//! The background steps of an array without a reshape: which is the next one.
#![tactic(auto)]

mod choosing;
mod filling;
mod mending;
mod naming;
mod rebuilding;
mod refusing;
mod resyncing;
mod stepping;

pub use array_fixed_io::{
    Array, Bank, Entries, Epoch, Event, Members, PhasesLeft, Pieces, StepKind, Work, first_spare,
    is_missing, planned_left, read, set_rebuilt, steps_left, unassigned_roles, write,
};
pub use choosing::first_recovering;
pub use stepping::still_step;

──────────

Go through the material above and output exactly the lines from the one containing "mod stepping;" through the one containing "pub use choosing::first_recovering;".

## Answer below:
mod stepping;

pub use array_fixed_io::{
    Array, Bank, Entries, Epoch, Event, Members, PhasesLeft, Pieces, StepKind, Work, first_spare,
    is_missing, planned_left, read, set_rebuilt, steps_left, unassigned_roles, write,
};
pub use choosing::first_recovering;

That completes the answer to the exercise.